We see here that as model complexity increases, the error calculated on the training set continues to decrease, whereas the error on the testing set increases past the optimal polynomial order \(D=3\). We showed above that error calculated on the testing set is the true indicator of how well an estimator will generalize to new data points. The error calculated on the training set strongly disagrees with the error calculated on the testing set after the optimal model complexity has been reached. Since, in general, the whole point of modeling a data set is to generalize to novel data, assessing model predictions on the training set data should be avoided.
Wrapping Up
In this post we discussed how the bias and variance of an estimator are related to squared prediction error on the testing set. Though we focused on regression, these concepts can also be applied to classification problems.

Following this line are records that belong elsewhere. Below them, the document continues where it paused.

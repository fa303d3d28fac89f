// A job in its two states, the calls of each, and that every job has a history.
#![tactic(auto)]

pub mod closed_job;
pub mod open_job;
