ghost use Rattle.std.specs.Prelude.{◌≤◌, ◌<◌, ◌^◌, ℕ, slice_index};

mod calls;
mod ends;
mod gates;
mod sets;

// At most 32 wires. A wire's word has bit w where its set has the starting wire w, and bit 32 where the wire is marked as flipped.
#[derive(Clone, Copy, Debug, PartialEq, Eq)]
pub struct ParityRegister {
    wires: u8,
    // Words for 32 wires, whatever the number of wires: a register takes fixed memory, copies and needs no heap.
    words: [u64; 32],
    ghost few: { wires ≤ 32 },
    ghost small: { (w : ℕ) → slice_index words w < 2 ^ 33 },
}
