// The parity register: each wire as a set of starting wires with a flip mark.
#![tactic(auto)]

pub mod parity_register;
pub mod wire_set;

We found that an optimal estimator will have both low variance and low bias. We further found that information about squared bias and variance is contained in expected prediction error calculated on a testing set of data not used to fit a model’s parameters.

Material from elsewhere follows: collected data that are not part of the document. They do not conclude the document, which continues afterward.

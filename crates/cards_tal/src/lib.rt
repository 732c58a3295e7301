// The TAL card: its entries, the card's errors, and its text from the type on.
#![tactic(auto)]

ghost use Rattle.std.specs.Prelude.{◌≡◌, drop};
ghost use Rattle.text.specs.Room.{Puts};
ghost use Rattle.cards_fields.specs.Fields.{fields, spaceless};
ghost use Rattle.cards_tal.specs.Tal.{is_tal, number_error, entry_error, entries_error, tal_error, entry_text, tal_text};

use cards_fields::{card, parts};
use cards_request::CardError;
use text::room::Room;

// Whether a card is TAL.
pub fn is_tal(card: &[u8]) -> bool
    ensures { result ≡ is_tal card.now }
{
    card::field_is(card, 1, b"TAL")
}

// The error of a text behind the slash: over five characters, none, or not all digits.
#[tactic(auto, unfolding(crate::specs::Tal::number_error))]
fn number_error(s: &[u8]) -> Result<(), CardError>
    ensures { result ≡ number_error (spaceless s.now) }
{
    if 5 < parts::gathered(s).len {
        return Err(CardError::TalLong);
    }
    if !parts::is_number(s) {
        return Err(CardError::TalWrong);
    }
    Ok(())
}

// The error of an entry, cut at its first slash.
fn entry_error(t: &[u8]) -> Result<(), CardError>
    ensures { result ≡ entry_error (spaceless t.now) }
{
    let at = words::until(t, b'/');
    if at == t.len() || !parts::is_name(&t[..at]) {
        return Err(CardError::TalWrong);
    }
    number_error(&t[at + 1..])
}

// The first error of a card's entries, left to right.
fn entries_error(card: &[u8]) -> Result<(), CardError>
    ensures { result ≡ entries_error (drop 2 (fields card.now)) }
{
    for k in 2..=card::last_field(card) {
        entry_error(parts::raw_field(card, k))?;
    }
    Ok(())
}

// The first error of a TAL card by itself.
#[tactic(auto, unfolding(crate::specs::Tal::tal_error))]
pub fn tal_error(card: &[u8]) -> Result<(), CardError>
    ensures { result ≡ tal_error card.now }
{
    if card::is_malformed(card) || card::last_field(card) < 2 {
        return Err(CardError::TalWrong);
    }
    entries_error(card)
}

// Puts an entry: its name, a slash, its number.
fn put_entry(room: &mut Room, t: &[u8])
    ensures { Puts room.old (entry_text (spaceless t.now)) room.new }
{
    let cut = words::until(t, b'/');
    parts::put_name(room, &t[..cut]);
    room.put_byte(b'/');
    if cut == t.len() {
        room.put_decimal(0);
        return;
    }
    room.put_decimal(parts::number_of(&t[cut + 1..]) as u64);
}

// Puts the card from its type on: the entries in the order read, without spaces and leading zeros.
pub fn put_tal(room: &mut Room, card: &[u8])
    ensures { Puts room.old (tal_text card.now) room.new }
{
    room.put_bytes(b"TAL");
    for k in 2..=card::last_field(card) {
        room.put_byte(b',');
        put_entry(room, parts::raw_field(card, k));
    }
    room.put_byte(b'.');
}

The concepts of estimator bias and variance are generally only clear in the context of an ensemble of datasets. However, in real-world applications, there is generally only a single observed dataset. In such cases the roles of bias and variance are less obvious (though, it is possible to calculate estimates of variance and bias using resampling methods such as bootstrapping).
However, the direct connection we made between bias, variance with the mean-squared error calculated on a testing set give us a direct means for assessing a group of candidate estimators in light of a single data set. We only need to partition the available data set into a Training Set used to fit model parameters and a Testing Set used to assess prediction accuracy.
Comparing prediction accuracy across potential estimators is equivalent to assessing biases and variances of the estimators across many datasets. Note that resampling methods such as cross-validation can prove helpful here, particularly when the amount of observed data is small.
Notes
This post is a refactor of content with the same title originally posted on The Clever Machine Wordpress blog.